Segment Start: TASK DATA
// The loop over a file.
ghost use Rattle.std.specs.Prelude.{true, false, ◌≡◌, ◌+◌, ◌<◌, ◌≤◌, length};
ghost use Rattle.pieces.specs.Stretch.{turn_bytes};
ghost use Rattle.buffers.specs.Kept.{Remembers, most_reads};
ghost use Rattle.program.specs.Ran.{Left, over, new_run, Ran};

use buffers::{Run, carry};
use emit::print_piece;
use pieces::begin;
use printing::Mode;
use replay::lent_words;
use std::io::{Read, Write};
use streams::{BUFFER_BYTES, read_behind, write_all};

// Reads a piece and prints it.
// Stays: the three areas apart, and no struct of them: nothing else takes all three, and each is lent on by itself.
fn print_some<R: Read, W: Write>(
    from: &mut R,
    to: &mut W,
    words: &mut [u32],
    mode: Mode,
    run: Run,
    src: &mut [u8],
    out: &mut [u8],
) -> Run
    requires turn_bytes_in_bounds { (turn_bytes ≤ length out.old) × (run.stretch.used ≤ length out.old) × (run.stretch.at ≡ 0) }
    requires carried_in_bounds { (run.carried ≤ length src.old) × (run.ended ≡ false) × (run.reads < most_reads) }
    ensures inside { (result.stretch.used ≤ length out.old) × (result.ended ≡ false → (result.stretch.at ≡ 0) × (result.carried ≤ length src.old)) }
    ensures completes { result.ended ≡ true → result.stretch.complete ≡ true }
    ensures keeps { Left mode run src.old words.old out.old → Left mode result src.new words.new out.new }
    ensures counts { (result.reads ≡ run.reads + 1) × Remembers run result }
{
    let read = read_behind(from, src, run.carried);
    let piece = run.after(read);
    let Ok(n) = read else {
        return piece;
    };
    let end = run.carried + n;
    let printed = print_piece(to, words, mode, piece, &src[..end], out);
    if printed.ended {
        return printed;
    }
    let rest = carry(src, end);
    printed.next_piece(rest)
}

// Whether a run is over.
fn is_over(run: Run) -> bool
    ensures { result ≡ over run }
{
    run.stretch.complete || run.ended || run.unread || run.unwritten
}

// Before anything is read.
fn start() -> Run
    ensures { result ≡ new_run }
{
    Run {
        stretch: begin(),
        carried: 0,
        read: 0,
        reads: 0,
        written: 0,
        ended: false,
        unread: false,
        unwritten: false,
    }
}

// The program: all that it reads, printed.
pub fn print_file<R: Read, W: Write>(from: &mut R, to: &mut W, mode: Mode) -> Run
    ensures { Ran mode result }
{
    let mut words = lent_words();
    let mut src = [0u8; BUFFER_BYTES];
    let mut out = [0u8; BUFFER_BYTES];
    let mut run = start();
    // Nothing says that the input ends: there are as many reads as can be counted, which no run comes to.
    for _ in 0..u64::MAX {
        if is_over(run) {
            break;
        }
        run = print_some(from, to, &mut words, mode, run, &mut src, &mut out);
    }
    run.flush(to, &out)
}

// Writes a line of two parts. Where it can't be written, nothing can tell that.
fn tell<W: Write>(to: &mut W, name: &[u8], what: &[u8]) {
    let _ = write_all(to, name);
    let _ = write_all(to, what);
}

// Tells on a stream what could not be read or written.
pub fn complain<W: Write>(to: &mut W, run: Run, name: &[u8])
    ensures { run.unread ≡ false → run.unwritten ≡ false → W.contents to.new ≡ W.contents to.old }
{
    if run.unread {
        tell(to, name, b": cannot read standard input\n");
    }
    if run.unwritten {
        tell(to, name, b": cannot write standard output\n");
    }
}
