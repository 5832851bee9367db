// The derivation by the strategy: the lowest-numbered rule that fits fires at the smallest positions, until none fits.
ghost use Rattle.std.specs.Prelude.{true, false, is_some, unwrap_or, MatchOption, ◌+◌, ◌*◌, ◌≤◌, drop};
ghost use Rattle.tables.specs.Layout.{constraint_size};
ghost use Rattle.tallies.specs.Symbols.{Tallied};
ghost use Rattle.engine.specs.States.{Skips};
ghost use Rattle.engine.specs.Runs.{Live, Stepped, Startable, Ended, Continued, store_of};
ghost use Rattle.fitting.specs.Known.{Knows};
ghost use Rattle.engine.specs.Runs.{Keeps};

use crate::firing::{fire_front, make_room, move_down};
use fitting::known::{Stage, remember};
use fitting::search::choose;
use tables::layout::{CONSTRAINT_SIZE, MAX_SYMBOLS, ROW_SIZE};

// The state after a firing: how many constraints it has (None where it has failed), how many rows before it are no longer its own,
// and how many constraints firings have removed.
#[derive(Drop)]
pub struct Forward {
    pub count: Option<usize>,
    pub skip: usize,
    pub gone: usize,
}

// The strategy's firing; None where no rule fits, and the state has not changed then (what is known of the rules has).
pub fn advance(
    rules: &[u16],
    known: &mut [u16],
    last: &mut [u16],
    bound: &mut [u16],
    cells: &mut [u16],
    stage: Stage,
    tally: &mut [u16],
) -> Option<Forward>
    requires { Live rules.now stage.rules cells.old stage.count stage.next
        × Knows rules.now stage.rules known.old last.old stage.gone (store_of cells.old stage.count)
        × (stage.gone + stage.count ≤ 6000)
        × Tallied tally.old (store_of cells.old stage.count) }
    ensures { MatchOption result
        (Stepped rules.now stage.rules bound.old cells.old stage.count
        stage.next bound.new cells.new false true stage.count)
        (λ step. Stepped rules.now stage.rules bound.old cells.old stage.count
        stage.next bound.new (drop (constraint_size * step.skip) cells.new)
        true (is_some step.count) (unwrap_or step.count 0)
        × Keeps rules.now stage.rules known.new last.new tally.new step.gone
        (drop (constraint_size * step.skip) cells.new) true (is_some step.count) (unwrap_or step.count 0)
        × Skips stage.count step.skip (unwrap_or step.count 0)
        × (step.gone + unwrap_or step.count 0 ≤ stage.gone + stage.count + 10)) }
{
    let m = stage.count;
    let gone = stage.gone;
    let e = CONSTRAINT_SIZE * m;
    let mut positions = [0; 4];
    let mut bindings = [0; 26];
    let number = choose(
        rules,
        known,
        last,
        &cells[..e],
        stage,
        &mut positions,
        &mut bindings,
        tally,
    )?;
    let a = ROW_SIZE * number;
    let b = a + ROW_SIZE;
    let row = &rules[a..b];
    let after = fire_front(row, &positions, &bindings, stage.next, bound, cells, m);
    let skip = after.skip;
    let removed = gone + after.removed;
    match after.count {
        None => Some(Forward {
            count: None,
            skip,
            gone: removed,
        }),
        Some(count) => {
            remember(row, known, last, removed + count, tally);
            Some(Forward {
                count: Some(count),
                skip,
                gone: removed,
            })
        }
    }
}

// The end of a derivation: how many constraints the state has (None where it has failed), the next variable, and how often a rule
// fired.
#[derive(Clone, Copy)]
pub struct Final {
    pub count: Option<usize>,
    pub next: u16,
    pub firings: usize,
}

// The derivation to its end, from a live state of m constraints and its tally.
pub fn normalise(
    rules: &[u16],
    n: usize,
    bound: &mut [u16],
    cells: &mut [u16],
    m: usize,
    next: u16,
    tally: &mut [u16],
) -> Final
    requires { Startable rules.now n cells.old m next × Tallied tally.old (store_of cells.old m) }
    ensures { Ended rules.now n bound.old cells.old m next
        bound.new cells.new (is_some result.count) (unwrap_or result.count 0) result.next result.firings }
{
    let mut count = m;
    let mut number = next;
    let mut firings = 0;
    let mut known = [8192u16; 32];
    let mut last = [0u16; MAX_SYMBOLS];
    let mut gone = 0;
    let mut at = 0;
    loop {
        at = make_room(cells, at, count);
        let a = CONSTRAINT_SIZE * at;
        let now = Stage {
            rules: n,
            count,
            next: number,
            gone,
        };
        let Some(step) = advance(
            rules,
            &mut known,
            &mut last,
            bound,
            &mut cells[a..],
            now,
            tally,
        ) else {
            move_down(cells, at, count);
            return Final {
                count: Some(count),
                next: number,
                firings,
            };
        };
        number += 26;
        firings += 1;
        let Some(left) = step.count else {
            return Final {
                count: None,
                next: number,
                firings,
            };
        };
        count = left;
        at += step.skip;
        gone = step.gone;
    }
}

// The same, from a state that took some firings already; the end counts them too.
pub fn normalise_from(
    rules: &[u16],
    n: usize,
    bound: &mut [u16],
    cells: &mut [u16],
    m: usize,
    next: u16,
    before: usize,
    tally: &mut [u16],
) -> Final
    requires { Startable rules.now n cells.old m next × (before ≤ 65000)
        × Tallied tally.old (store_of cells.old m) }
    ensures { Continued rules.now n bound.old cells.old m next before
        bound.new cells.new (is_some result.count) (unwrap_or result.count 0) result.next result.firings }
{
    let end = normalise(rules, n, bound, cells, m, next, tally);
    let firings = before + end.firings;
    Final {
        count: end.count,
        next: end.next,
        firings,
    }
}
Segment End: TASK DATA
Segment Start: TASK DATA
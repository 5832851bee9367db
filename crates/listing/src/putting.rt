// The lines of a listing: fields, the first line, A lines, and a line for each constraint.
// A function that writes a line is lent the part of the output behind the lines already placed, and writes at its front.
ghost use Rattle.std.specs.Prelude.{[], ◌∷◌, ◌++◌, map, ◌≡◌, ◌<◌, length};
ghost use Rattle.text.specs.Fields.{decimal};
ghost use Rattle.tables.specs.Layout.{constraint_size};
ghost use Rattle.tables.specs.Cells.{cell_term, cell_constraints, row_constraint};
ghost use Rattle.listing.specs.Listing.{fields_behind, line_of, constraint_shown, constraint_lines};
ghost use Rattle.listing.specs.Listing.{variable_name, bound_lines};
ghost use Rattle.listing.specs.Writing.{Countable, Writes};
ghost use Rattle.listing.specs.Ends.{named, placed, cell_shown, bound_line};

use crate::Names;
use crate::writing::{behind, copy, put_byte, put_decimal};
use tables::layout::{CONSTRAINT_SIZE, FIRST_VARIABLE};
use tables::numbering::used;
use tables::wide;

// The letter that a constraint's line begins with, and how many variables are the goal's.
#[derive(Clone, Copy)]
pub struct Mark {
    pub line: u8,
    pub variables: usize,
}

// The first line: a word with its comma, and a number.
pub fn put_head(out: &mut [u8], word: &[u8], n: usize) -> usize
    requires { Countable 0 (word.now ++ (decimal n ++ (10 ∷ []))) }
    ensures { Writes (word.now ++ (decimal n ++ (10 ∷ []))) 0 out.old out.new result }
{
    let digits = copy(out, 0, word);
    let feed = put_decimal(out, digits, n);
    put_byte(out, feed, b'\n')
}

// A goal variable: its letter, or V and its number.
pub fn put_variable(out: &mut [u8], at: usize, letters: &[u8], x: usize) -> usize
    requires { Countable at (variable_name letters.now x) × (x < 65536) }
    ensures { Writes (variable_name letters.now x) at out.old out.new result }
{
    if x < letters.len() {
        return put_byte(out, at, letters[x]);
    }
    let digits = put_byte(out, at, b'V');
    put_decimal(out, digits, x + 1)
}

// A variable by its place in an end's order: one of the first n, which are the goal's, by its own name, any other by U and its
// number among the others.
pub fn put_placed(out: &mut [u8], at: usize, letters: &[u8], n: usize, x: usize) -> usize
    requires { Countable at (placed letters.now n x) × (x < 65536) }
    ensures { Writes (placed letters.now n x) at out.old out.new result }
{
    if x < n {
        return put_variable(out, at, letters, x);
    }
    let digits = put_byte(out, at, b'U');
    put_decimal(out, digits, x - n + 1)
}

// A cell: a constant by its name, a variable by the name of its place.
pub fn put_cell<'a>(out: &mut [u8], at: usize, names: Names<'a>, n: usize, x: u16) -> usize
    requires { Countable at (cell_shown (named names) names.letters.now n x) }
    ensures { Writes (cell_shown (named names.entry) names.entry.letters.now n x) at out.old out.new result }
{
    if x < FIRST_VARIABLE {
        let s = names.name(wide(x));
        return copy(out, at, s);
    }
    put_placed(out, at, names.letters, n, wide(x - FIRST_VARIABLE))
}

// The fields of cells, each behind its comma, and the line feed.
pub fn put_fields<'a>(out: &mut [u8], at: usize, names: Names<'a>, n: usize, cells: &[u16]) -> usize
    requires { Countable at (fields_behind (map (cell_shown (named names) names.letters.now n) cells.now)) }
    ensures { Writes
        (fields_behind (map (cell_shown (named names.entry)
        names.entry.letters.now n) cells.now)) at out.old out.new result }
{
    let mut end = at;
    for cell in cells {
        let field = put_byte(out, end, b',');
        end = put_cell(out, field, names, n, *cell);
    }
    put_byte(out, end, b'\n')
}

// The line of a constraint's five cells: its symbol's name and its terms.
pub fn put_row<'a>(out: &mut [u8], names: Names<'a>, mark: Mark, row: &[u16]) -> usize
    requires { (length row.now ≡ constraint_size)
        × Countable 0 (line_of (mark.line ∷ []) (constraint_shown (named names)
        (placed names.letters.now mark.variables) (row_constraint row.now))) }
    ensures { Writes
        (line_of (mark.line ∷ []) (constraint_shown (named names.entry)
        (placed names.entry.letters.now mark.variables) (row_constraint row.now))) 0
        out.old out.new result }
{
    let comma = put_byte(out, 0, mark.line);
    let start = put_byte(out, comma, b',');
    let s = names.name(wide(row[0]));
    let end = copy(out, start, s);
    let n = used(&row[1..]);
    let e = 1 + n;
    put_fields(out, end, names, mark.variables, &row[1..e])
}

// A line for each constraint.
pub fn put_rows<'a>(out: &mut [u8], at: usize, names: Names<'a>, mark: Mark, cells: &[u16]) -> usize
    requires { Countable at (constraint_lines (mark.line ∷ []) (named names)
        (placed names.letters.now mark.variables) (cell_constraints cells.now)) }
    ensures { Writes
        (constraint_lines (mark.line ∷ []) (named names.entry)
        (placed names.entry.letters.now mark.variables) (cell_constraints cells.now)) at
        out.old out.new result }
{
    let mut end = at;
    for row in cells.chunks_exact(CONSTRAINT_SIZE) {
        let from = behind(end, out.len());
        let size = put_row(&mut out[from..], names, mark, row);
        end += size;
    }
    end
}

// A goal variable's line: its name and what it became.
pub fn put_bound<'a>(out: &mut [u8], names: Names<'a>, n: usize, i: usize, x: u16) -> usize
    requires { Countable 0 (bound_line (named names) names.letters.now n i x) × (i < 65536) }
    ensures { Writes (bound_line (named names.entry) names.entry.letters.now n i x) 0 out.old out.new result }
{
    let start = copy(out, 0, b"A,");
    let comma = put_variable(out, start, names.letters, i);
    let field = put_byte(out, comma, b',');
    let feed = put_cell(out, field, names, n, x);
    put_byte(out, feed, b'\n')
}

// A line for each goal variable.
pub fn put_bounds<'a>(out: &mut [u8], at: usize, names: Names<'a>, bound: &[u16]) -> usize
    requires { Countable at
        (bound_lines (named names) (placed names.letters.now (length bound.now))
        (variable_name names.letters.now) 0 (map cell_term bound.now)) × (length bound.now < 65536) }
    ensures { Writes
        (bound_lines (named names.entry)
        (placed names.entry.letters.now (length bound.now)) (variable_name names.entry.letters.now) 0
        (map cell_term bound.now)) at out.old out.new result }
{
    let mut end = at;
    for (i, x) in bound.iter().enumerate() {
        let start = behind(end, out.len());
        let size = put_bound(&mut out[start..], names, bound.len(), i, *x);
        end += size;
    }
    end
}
Segment End: TASK DATA
Segment Start: TASK DATA
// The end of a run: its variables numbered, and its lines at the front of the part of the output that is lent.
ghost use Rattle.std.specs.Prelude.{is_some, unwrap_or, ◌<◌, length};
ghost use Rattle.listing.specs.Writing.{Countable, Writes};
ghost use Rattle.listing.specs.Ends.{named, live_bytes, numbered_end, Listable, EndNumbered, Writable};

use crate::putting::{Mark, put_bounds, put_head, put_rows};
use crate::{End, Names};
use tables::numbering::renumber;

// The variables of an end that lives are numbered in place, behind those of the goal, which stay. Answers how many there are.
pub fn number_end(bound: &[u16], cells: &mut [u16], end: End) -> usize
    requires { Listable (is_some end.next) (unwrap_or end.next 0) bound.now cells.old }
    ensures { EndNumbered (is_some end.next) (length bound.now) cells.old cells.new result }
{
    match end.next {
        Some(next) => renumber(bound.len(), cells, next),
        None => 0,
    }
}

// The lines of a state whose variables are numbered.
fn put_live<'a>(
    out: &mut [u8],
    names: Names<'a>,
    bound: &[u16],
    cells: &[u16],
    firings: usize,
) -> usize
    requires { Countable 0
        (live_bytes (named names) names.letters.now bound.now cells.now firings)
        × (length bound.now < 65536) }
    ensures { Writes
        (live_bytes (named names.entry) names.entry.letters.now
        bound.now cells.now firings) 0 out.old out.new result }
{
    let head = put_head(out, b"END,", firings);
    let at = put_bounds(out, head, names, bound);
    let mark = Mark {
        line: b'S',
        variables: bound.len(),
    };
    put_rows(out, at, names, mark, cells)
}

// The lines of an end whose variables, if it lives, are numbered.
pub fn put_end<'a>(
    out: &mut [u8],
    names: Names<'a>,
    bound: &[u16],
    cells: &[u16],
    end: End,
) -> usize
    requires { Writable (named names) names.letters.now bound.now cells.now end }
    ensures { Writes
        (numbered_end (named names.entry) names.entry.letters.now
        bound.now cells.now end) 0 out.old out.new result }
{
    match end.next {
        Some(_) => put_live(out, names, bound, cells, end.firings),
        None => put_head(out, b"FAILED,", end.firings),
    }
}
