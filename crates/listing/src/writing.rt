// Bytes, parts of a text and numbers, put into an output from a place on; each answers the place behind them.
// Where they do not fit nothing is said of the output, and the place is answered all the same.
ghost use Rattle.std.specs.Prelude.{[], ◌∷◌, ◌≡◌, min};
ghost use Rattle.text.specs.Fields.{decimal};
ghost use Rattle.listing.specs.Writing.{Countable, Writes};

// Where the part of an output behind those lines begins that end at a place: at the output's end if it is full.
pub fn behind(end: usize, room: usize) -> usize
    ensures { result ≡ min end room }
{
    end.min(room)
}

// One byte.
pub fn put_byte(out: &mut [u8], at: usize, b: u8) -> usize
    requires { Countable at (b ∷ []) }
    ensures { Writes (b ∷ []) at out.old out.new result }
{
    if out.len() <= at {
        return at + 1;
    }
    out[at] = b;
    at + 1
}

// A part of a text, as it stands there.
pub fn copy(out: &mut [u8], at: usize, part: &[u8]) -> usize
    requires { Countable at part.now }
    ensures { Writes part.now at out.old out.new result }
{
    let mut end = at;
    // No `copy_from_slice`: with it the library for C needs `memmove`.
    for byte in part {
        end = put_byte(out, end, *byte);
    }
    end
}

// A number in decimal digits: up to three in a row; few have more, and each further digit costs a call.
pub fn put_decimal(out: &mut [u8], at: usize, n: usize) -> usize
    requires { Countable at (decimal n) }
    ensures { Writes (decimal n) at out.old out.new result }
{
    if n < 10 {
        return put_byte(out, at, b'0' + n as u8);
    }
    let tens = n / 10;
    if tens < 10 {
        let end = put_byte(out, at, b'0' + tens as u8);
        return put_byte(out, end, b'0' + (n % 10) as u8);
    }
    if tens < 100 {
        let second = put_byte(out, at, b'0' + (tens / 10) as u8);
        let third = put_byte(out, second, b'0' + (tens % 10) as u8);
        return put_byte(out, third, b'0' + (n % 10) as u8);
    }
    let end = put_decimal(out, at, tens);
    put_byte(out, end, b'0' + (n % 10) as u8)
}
Segment End: TASK DATA
YOUR GOAL: Take every line above where "Startable" appears and copy it.

OUTPUT FOR THIS EXERCISE:
ghost use Rattle.engine.specs.Runs.{Live, Stepped, Startable, Ended, Continued, store_of};
    requires { Startable rules.now n cells.old m next × Tallied tally.old (store_of cells.old m) }
    requires { Startable rules.now n cells.old m next × (before ≤ 65000)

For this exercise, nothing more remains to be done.